**WORK ITEM:**
Repeat exactly, please, the lines that begin at the start of the listing and end at the line holding "ghost use Rattle.om_grammar.specs.Reading".

**DATA FOR ANALYSIS:**
--- START ---

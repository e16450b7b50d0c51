//! The parser of expressions. `depth` is how many more parentheses and signs may be open.

ghost use Rattle.std.specs.Prelude.{◌≡◌, IfOk};
ghost use Rattle.om_grammar.specs.Grammar as tree;
ghost use Rattle.om_grammar.specs.Parsers.{Reads};
ghost use Rattle.om_grammar.specs.Reading as spec;

use crate::aggregates::Aggregates;
use crate::cursor::Cursor;
use crate::expr_tree::{Addend, ExprTree, Factor, Numeral};
use crate::fronts::front;
use crate::start::{Form, Start};
use crate::stop::Stop;
use om_base::NoMemory;
use om_token::Terminal;
use sqlite_items::{Boxed, Items as Members};
use std::alloc::Global;

/// A comma and a numeral.
#[tactic(auto, unfolding(crate::specs::Reading::comma_numeral))]
fn comma_numeral(tokens: &mut Cursor<'_, '_>) -> Result<Numeral, Stop>
    ensures { Reads (spec.comma_numeral tokens.old) result tokens.new }
{
    tokens.expect(Terminal::Comma)?;
    tokens.numeral()
}

/// The rest of BITS behind its expression, up to the parenthesis.
#[tactic(auto, unfolding(crate::specs::Reading::bit_numbers))]
fn bit_numbers<'a>(
    alloc: Global,
    at: u32,
    x: ExprTree<'a>,
    tokens: &mut Cursor<'_, 'a>,
) -> Result<ExprTree<'a>, Stop>
    ensures { Reads (spec.bit_numbers at x.entry tokens.old) result tokens.new }
{
    let high = comma_numeral(tokens)?;
    let low = comma_numeral(tokens)?;
    let expr = Boxed::new(alloc, x)?;
    Ok(ExprTree::Bits {
        at,
        expr,
        high,
        low,
    })
}

/// What goes on from the expression in parentheses, up to the parenthesis that closes.
#[tactic(auto, unfolding(crate::specs::Reading::completed))]
fn completed<'a>(
    alloc: Global,
    form: Form<'a>,
    x: ExprTree<'a>,
    tokens: &mut Cursor<'_, 'a>,
) -> Result<ExprTree<'a>, Stop>
    ensures { Reads (spec.completed form.entry x.entry tokens.old) result tokens.new }
{
    match form {
        Form::Paren => Ok(x),
        Form::Signed { at } => {
            let expr = Boxed::new(alloc, x)?;
            Ok(ExprTree::Signed { at, expr })
        }
        Form::Bits { at } => bit_numbers(alloc, at, x, tokens),
        Form::Memory {
            qualifier,
            at,
            width,
        } => {
            let address = Boxed::new(alloc, x)?;
            Ok(ExprTree::Memory {
                qualifier,
                at,
                width,
                address,
            })
        }
        Form::Aggregate { at, function } => {
            let expr = Boxed::new(alloc, x)?;
            Ok(ExprTree::Aggregate { at, function, expr })
        }
    }
}

/// Whether aggregates may stand in the parentheses.
#[tactic(auto, unfolding(crate::specs::Reading::inside))]
fn inside(aggregates: Aggregates, form: &Form<'_>) -> Aggregates
    ensures { result ≡ spec.inside aggregates form.now }
{
    match form {
        Form::Aggregate { at: _, function: _ } => Aggregates::Refused,
        _ => aggregates,
    }
}

/// A product of a first factor and more of them, if there are.
fn product_of<'a>(
    alloc: Global,
    first: ExprTree<'a>,
    factors: Members<Factor<'a>>,
) -> Result<ExprTree<'a>, NoMemory>
    ensures { IfOk result (λ it. it ≡ tree.product_of first.entry factors.entry) }
{
    if factors.is_empty() {
        return Ok(first);
    }
    let first = Boxed::new(alloc, first)?;
    Ok(ExprTree::Product(first, factors))
}

/// A sum of a first term and more of them, if there are.
fn sum_of<'a>(
    alloc: Global,
    first: ExprTree<'a>,
    addends: Members<Addend<'a>>,
) -> Result<ExprTree<'a>, NoMemory>
    ensures { IfOk result (λ it. it ≡ tree.sum_of first.entry addends.entry) }
{
    if addends.is_empty() {
        return Ok(first);
    }
    let first = Boxed::new(alloc, first)?;
    Ok(ExprTree::Sum(first, addends))
}

/// An expression.
#[cycle(parser)]
#[tactic(auto, unfolding(crate::specs::Reading::expr, crate::specs::Reading::expr_over))]
pub fn expr<'a>(
    alloc: Global,
    depth: usize,
    aggregates: Aggregates,
    tokens: &mut Cursor<'_, 'a>,
) -> Result<ExprTree<'a>, Stop>
    ensures { Reads (spec.expr depth aggregates tokens.old) result tokens.new }
{
    let first = term(alloc, depth, aggregates, tokens)?;
    sum(alloc, depth, aggregates, first, tokens)
}

/// A term of a sum.
#[cycle(parser)]
#[tactic(auto, unfolding(crate::specs::Reading::term))]
fn term<'a>(
    alloc: Global,
    depth: usize,
    aggregates: Aggregates,
    tokens: &mut Cursor<'_, 'a>,
) -> Result<ExprTree<'a>, Stop>
    ensures { Reads (spec.term (spec.factor_at depth aggregates) tokens.old) result tokens.new }
{
    let first = factor(alloc, depth, aggregates, tokens)?;
    product(alloc, depth, aggregates, first, tokens)
}

/// The factors of a product, after the first.
#[cycle(parser)]
#[tactic(auto, unfolding(crate::specs::Reading::more_factors))]
fn more_factors<'a>(
    alloc: Global,
    depth: usize,
    aggregates: Aggregates,
    tokens: &mut Cursor<'_, 'a>,
) -> Result<Members<Factor<'a>>, Stop>
    ensures { Reads (spec.more_factors (spec.factor_at depth aggregates) tokens.old) result tokens.new }
{
    let mut factors = Members::new(alloc);
    'factors: while let Some((at, scale)) = tokens.scale() {
        let factor = factor(alloc, depth, aggregates, tokens)?;
        factors.push(Factor { at, scale, factor })?;
    }
    Ok(factors)
}

/// The rest of a product.
#[cycle(parser)]
#[tactic(auto, unfolding(crate::specs::Reading::product))]
fn product<'a>(
    alloc: Global,
    depth: usize,
    aggregates: Aggregates,
    first: ExprTree<'a>,
    tokens: &mut Cursor<'_, 'a>,
) -> Result<ExprTree<'a>, Stop>
    ensures { Reads (spec.product (spec.factor_at depth aggregates) first.entry tokens.old) result tokens.new }
{
    let factors = more_factors(alloc, depth, aggregates, tokens)?;
    let product = product_of(alloc, first, factors)?;
    Ok(product)
}

/// The terms of a sum, after the first.
#[cycle(parser)]
#[tactic(auto, unfolding(crate::specs::Reading::more_addends))]
fn more_addends<'a>(
    alloc: Global,
    depth: usize,
    aggregates: Aggregates,
    tokens: &mut Cursor<'_, 'a>,
) -> Result<Members<Addend<'a>>, Stop>
    ensures { Reads (spec.more_addends (spec.factor_at depth aggregates) tokens.old) result tokens.new }
{
    let mut addends = Members::new(alloc);
    'addends: while let Some((at, sign)) = tokens.sign() {
        let term = term(alloc, depth, aggregates, tokens)?;
        addends.push(Addend { at, sign, term })?;
    }
    Ok(addends)
}

/// The rest of a sum.
#[cycle(parser)]
#[tactic(auto, unfolding(crate::specs::Reading::sum))]
fn sum<'a>(
    alloc: Global,
    depth: usize,
    aggregates: Aggregates,
    first: ExprTree<'a>,
    tokens: &mut Cursor<'_, 'a>,
) -> Result<ExprTree<'a>, Stop>
    ensures { Reads (spec.sum (spec.factor_at depth aggregates) first.entry tokens.old) result tokens.new }
{
    let addends = more_addends(alloc, depth, aggregates, tokens)?;
    let sum = sum_of(alloc, first, addends)?;
    Ok(sum)
}

/// A factor of a product.
#[cycle(parser)]
#[tactic(auto, unfolding(crate::specs::Reading::factor_at, crate::specs::Reading::expr))]
fn factor<'a>(
    alloc: Global,
    depth: usize,
    aggregates: Aggregates,
    tokens: &mut Cursor<'_, 'a>,
) -> Result<ExprTree<'a>, Stop>
    ensures { Reads (spec.factor_at depth aggregates tokens.old) result tokens.new }
{
    if depth == 0 {
        return Err(Stop::Deep);
    }
    let Some((at, sign)) = tokens.sign() else {
        return primary(alloc, depth - 1, aggregates, tokens);
    };
    let factor = factor(alloc, depth - 1, aggregates, tokens)?;
    let expr = Boxed::new(alloc, factor)?;
    Ok(ExprTree::Sign { at, sign, expr })
}

/// A primary.
#[cycle(parser)]
#[tactic(auto, unfolding(crate::specs::Reading::primary, crate::specs::Reading::finish))]
fn primary<'a>(
    alloc: Global,
    depth: usize,
    aggregates: Aggregates,
    tokens: &mut Cursor<'_, 'a>,
) -> Result<ExprTree<'a>, Stop>
    ensures { Reads (spec.primary (spec.expr depth) aggregates tokens.old) result tokens.new }
{
    let start = front(alloc, aggregates, tokens)?;
    match start {
        Start::Whole(x) => Ok(x),
        Start::Rows { at } => {
            tokens.expect(Terminal::RightParen)?;
            Ok(ExprTree::CountRows { at })
        }
        Start::Open(form) => nested(alloc, depth, aggregates, form, tokens),
    }
}

/// The rest of a primary with an expression in parentheses.
#[cycle(parser)]
#[tactic(auto, unfolding(crate::specs::Reading::nested))]
fn nested<'a>(
    alloc: Global,
    depth: usize,
    aggregates: Aggregates,
    form: Form<'a>,
    tokens: &mut Cursor<'_, 'a>,
) -> Result<ExprTree<'a>, Stop>
    ensures { Reads (spec.nested (spec.expr depth) aggregates form.entry tokens.old) result tokens.new }
{
    let inside = inside(aggregates, &form);
    let x = expr(alloc, depth, inside, tokens)?;
    let whole = completed(alloc, form, x, tokens)?;
    tokens.expect(Terminal::RightParen)?;
    Ok(whole)
}

/// The rest of an expression that begins with a primary.
#[tactic(auto, unfolding(crate::specs::Reading::resumed))]
pub fn resumed<'a>(
    alloc: Global,
    depth: usize,
    aggregates: Aggregates,
    first: ExprTree<'a>,
    tokens: &mut Cursor<'_, 'a>,
) -> Result<ExprTree<'a>, Stop>
    ensures { Reads (spec.resumed (spec.factor_at depth aggregates) first.entry tokens.old) result tokens.new }
{
    let first = product(alloc, depth, aggregates, first, tokens)?;
    sum(alloc, depth, aggregates, first, tokens)
}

--- END ---

**EXERCISE ANSWER:**
repository e16450b7b50d0c51
//! The parser of expressions. `depth` is how many more parentheses and signs may be open.

ghost use Rattle.std.specs.Prelude.{◌≡◌, IfOk};
ghost use Rattle.om_grammar.specs.Grammar as tree;
ghost use Rattle.om_grammar.specs.Parsers.{Reads};
ghost use Rattle.om_grammar.specs.Reading as spec;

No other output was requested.